ACE-Step 1.5 Music Generation AIO is a text-to-audio ComfyUI workflow that turns style tags and lyrics into a complete song. You provide short descriptors like "modern pop, female vocal, lush synths" plus your lyrics, and the graph handles the rest—sampling, decoding, and exporting MP3—so you can audition ideas in seconds on consumer hardware. It’s organized into clear groups—Step 1: Load Model, Step 2: Duration, Step 3: Prompt—so you always know where to set the checkpoint, how long the track should be, and what the model should sing or sound like.

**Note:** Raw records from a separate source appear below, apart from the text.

//! The words of a key's fields.
ghost use Rattle.std.specs.Prelude.{◌≡◌, is_some};
ghost use Rattle.kx_key_fields.specs.Words.{AreUsual, field_named, is_group_name, is_key_word, is_list_word, is_unused_word, texts_of, used_words};
ghost use Rattle.kx_merge.specs.Words.{among};

use kx_parse::FieldPlace;

/// The fields that set a key's range.
#[derive(Clone, Copy, PartialEq, Eq)]
pub(crate) enum RangeField {
    Wrap,
    Clamp,
    Redirect,
}

/// What fields of a key set besides lists.
#[derive(Clone, Copy, PartialEq, Eq)]
pub(crate) enum AttributeField {
    KeyType,
    VirtualMods,
    Range(RangeField),
    /// Nothing.
    Unused,
}

fn used_field(word: &[u8]) -> Option<AttributeField>
    ensures { result ≡ among used_words word.now }
{
    if word.eq_ignore_ascii_case(b"type") {
        Some(AttributeField::KeyType)
    } else if word.eq_ignore_ascii_case(b"vmods") {
        Some(AttributeField::VirtualMods)
    } else if word.eq_ignore_ascii_case(b"virtualMods") {
        Some(AttributeField::VirtualMods)
    } else if word.eq_ignore_ascii_case(b"virtualModifiers") {
        Some(AttributeField::VirtualMods)
    } else if word.eq_ignore_ascii_case(b"groupsWrap") {
        Some(AttributeField::Range(RangeField::Wrap))
    } else if word.eq_ignore_ascii_case(b"wrapGroups") {
        Some(AttributeField::Range(RangeField::Wrap))
    } else if word.eq_ignore_ascii_case(b"groupsClamp") {
        Some(AttributeField::Range(RangeField::Clamp))
    } else if word.eq_ignore_ascii_case(b"clampGroups") {
        Some(AttributeField::Range(RangeField::Clamp))
    } else if word.eq_ignore_ascii_case(b"groupsRedirect") {
        Some(AttributeField::Range(RangeField::Redirect))
    } else if word.eq_ignore_ascii_case(b"redirectGroups") {
        Some(AttributeField::Range(RangeField::Redirect))
    } else {
        None
    }
}

fn is_unused(word: &[u8]) -> bool
    ensures { result ≡ is_unused_word word.now }
{
    word.eq_ignore_ascii_case(b"repeat")
        || word.eq_ignore_ascii_case(b"repeats")
        || word.eq_ignore_ascii_case(b"repeating")
        || word.eq_ignore_ascii_case(b"lock")
        || word.eq_ignore_ascii_case(b"locks")
        || word.eq_ignore_ascii_case(b"locking")
        || word.eq_ignore_ascii_case(b"radioGroup")
        || word.eq_ignore_ascii_case(b"permanentRadioGroup")
        || word.eq_ignore_ascii_case(b"allowNone")
        || word.eq_ignore_ascii_case(b"overlay")
        || word.eq_ignore_ascii_case(b"overlay1")
        || word.eq_ignore_ascii_case(b"overlay2")
}

/// What a field of a word sets, where it isn't a field of lists.
pub(crate) fn field_named(word: &[u8]) -> Option<AttributeField>
    ensures { result ≡ field_named word.now }
{
    if is_unused(word) {
        Some(AttributeField::Unused)
    } else {
        used_field(word)
    }
}

/// Whether a field of this word, in capital letters or small, says something of a key besides its lists, or is read and
/// not used.
pub fn is_attribute_word(word: &[u8]) -> bool
    ensures { result ≡ is_some (field_named word.now) }
{
    field_named(word).is_some()
}

/// Whether a field of this word, in capital letters or small, gives a key lists.
pub fn is_list_word(word: &[u8]) -> bool
    ensures { result ≡ is_list_word word.now }
{
    word.eq_ignore_ascii_case(b"symbols") || word.eq_ignore_ascii_case(b"actions")
}

/// The words of fields as they are usually written.
static USUAL: [&str; 12] = [
    "type",
    "symbols",
    "actions",
    "vmods",
    "groupsWrap",
    "groupsClamp",
    "groupsRedirect",
    "repeat",
    "lock",
    "radioGroup",
    "allowNone",
    "overlay",
];

/// The words of a key's fields as they are usually written. Each is read as a field, and each thing that a field can give a key is
/// given by one of them.
pub fn usual_words() -> &'static [&'static str]
    ensures { AreUsual (texts_of result.now) }
{
    &USUAL
}

/// Whether this word, in capital letters or small, stands before the point of a default for keys, as in `key.type`.
pub fn is_key_word(word: &[u8]) -> bool
    ensures { result ≡ is_key_word word.now }
{
    word.eq_ignore_ascii_case(b"key")
}

/// Whether a field of a symbols section names a group, as `name[1] = "English";`.
pub fn is_group_name(place: &FieldPlace) -> bool
    ensures { result ≡ is_group_name place.now }
{
    place.member.is_none() && place.word.bytes.as_slice().eq_ignore_ascii_case(b"name")
}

Under the hood, CheckpointLoaderSimple loads the ACE-Step 1.5 checkpoint (ace_step_1.5_turbo_aio.safetensors). TextEncodeAceStepAudio1.5 converts your style tags and lyrics into ACE-specific conditioning vectors. ConditioningZeroOut is used to cleanly disable unused conditioning channels (for example, when you’re not providing a secondary or negative prompt), preventing unintended bias. EmptyAceStep1.5LatentAudio creates an empty latent audio canvas for the exact duration you request. ModelSamplingAuraFlow configures the correct sampler/scheduler combination for ACE-Step 1.5, and KSampler iteratively refines the latent into a coherent track based on your prompt. VAEDecodeAudio turns the final latent into waveform audio, and SaveAudioMP3 writes the result to your ComfyUI output folder. PrimitiveNode widgets expose practical knobs like steps, CFG, seed, and seconds so you can tweak speed, quality, and reproducibility.
This setup is useful for fast songwriting demos, genre exploration, and content beds. You get precise control over duration and a repeatable workflow via the seed. The graph ships with sensible defaults so you can generate a short track quickly, then dial in higher quality by raising steps or refining style tags and lyric phrasing.